*Work to complete:* Scan the entries below and return each line that contains "RulesetRole".

── Excerpted data ──

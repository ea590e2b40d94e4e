//! What two rulesets do differently on a box.
ghost use Rattle.std.specs.Prelude.{◌≡◌, IfErr, IfOk, IfSome};
ghost use Rattle.chain_sets.specs.declared.fault.WalkError.{WalkError};
ghost use Rattle.nftrun.specs.steps.Analyses.{IsChecked};
ghost use Rattle.nftrun.specs.steps.Comparisons as comparisons;
ghost use Rattle.nftrun.specs.steps.Comparisons.{AreAccepted, IsRefused, RefusedIn};

use crate::analysis::{NODES, checked};
use chain_sets::WalkError;
use diff_report::{DiffReport, report_of};
use engine::RunFault;
use program::{DiffFault, DiffInputs, RulesetRole};
use rule_check::Checked;
use std::alloc::Global;

/// Checks the rulesets on a box, OLD first, and tells what OLD and NEW do differently with packets
/// that FILTER accepts, or without it with all packets.
pub(crate) fn compare(alloc: Global, inputs: DiffInputs<'_>) -> Result<DiffReport, DiffFault>
    ensures told { IfOk result (λ _. AreAccepted inputs.entry) }
    ensures refused { IfErr result (λ fault. IsRefused inputs.entry fault) }
{
    let network = inputs.network;
    let old = checked_in(alloc, RulesetRole::Old, inputs.old, network)?;
    let new = checked_in(alloc, RulesetRole::New, inputs.new, network)?;
    let Some(text) = inputs.assumed else {
        return tell(alloc, &old, &new, None);
    };
    let filter = checked_in(alloc, RulesetRole::Filter, text, network)?;
    tell(alloc, &old, &new, Some(&filter))
}

/// Checks one of the rulesets on the box.
fn checked_in(
    alloc: Global,
    role: RulesetRole,
    rules: &[u8],
    network: &[u8],
) -> Result<Checked, DiffFault>
    ensures fine { IfOk result (λ checked. IsChecked rules.now network.now checked) }
    ensures refused { IfErr result (λ fault. RefusedIn role rules.now network.now fault) }
{
    match checked(alloc, rules, network) {
        Ok(checked) => Ok(checked),
        Err(fault) => Err(fault_in(role, fault)),
    }
}

/// Tells what checked rulesets do differently.
fn tell(
    alloc: Global,
    old: &Checked,
    new: &Checked,
    filter: Option<&Checked>,
) -> Result<DiffReport, DiffFault>
    requires same_box { new.now.network ≡ old.now.network }
    requires assumed_box { IfSome filter (λ f. f.now.network ≡ old.now.network) }
    ensures { IfErr result (λ fault. (error : WalkError) × (fault ≡ comparisons.fault_of error)) }
{
    match report_of(alloc, old, new, filter, NODES) {
        Ok(report) => Ok(report),
        Err(error) => Err(fault_of(error)),
    }
}

fn fault_in(role: RulesetRole, fault: RunFault) -> DiffFault
    ensures { result ≡ comparisons.fault_in role fault }
{
    match fault {
        RunFault::Rules(fault) => DiffFault::Rules(role, fault),
        _ => DiffFault::Fault(fault),
    }
}

fn fault_of(error: WalkError) -> DiffFault
    ensures { result ≡ comparisons.fault_of error }
{
    match error {
        WalkError::TooLarge | WalkError::TooDeep => DiffFault::TooLarge,
        WalkError::Memory => DiffFault::Fault(RunFault::Memory),
    }
}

───

*Task solution:*
use program::{DiffFault, DiffInputs, RulesetRole};
    let old = checked_in(alloc, RulesetRole::Old, inputs.old, network)?;
    let new = checked_in(alloc, RulesetRole::New, inputs.new, network)?;
    let filter = checked_in(alloc, RulesetRole::Filter, text, network)?;
    role: RulesetRole,
fn fault_in(role: RulesetRole, fault: RunFault) -> DiffFault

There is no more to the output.